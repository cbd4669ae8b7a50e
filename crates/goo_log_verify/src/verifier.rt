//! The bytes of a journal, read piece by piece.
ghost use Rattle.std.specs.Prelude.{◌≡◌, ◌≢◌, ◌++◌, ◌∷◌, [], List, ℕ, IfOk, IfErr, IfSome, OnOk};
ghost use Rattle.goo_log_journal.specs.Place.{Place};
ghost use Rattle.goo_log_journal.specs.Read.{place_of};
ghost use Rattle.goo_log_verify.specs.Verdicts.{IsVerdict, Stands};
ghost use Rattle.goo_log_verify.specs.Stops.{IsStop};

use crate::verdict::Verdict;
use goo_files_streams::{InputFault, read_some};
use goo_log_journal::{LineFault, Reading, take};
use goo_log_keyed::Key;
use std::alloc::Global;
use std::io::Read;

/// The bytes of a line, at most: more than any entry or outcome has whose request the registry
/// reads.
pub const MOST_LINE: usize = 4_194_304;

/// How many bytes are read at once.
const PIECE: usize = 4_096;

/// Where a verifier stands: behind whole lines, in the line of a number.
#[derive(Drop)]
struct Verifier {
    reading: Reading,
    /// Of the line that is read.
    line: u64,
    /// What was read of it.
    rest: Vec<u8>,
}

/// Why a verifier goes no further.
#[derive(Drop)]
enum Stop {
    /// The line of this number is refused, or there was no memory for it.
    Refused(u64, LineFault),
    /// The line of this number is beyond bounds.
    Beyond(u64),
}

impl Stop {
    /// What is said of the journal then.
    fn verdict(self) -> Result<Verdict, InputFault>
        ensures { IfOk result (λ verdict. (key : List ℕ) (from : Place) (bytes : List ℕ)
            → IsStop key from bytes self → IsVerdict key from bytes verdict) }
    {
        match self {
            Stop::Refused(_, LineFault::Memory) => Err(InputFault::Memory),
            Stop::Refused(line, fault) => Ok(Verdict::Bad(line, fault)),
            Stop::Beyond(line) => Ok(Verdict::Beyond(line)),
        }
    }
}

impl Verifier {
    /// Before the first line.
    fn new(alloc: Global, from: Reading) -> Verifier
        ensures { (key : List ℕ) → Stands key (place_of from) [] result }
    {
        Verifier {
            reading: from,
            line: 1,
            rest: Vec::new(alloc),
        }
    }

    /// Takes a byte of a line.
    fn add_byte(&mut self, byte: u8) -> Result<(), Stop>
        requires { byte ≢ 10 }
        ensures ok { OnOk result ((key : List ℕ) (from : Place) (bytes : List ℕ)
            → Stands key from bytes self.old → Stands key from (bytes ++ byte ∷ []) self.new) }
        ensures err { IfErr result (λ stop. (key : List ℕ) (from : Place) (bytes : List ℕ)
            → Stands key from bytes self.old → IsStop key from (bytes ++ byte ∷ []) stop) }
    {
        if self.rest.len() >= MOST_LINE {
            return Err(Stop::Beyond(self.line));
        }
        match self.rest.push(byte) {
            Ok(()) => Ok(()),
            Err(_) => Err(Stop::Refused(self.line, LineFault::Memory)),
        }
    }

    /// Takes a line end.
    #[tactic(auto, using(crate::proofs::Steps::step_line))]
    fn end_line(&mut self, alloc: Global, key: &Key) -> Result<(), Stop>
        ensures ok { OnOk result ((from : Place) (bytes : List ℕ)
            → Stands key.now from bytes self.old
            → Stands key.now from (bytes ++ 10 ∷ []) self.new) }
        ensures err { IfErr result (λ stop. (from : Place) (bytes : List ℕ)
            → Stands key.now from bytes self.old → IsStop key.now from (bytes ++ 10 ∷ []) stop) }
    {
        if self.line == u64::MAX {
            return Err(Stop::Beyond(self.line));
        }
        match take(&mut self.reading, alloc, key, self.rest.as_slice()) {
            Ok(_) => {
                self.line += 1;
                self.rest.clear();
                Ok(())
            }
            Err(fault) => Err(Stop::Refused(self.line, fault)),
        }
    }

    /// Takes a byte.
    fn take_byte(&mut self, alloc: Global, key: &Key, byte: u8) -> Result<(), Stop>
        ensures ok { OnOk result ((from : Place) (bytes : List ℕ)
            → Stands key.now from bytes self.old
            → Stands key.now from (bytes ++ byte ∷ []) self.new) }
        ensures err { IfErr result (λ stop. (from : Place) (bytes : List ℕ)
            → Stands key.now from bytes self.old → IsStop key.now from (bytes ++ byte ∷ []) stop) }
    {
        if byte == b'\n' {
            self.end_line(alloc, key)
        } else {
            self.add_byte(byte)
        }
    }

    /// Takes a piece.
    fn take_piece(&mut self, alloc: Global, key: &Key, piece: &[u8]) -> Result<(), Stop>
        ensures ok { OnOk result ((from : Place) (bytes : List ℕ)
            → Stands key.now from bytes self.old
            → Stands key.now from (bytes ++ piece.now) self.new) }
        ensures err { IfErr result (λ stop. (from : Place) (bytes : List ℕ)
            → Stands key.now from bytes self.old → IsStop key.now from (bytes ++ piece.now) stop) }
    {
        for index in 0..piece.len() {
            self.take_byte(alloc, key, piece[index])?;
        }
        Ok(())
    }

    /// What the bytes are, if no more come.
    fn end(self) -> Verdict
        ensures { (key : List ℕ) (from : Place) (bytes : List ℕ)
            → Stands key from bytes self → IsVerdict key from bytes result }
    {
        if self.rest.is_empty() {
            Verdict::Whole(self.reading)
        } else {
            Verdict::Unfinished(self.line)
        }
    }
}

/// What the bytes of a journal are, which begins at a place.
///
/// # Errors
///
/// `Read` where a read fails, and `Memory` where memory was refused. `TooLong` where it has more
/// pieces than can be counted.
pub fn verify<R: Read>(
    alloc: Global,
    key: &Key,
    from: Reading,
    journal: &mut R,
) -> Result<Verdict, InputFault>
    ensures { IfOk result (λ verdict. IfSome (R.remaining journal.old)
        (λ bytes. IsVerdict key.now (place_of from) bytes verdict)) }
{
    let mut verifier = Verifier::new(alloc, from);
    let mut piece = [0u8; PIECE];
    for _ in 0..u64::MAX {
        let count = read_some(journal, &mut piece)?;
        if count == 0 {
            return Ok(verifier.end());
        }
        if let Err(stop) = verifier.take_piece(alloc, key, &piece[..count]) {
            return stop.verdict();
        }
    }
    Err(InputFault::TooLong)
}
⁂
* _Work required_
Which lines of the records above contain the word "Global"? Report each one.

* _Written solution_
use std::alloc::Global;
    fn new(alloc: Global, from: Reading) -> Verifier
    fn end_line(&mut self, alloc: Global, key: &Key) -> Result<(), Stop>
    fn take_byte(&mut self, alloc: Global, key: &Key, byte: u8) -> Result<(), Stop>
    fn take_piece(&mut self, alloc: Global, key: &Key, piece: &[u8]) -> Result<(), Stop>
    alloc: Global,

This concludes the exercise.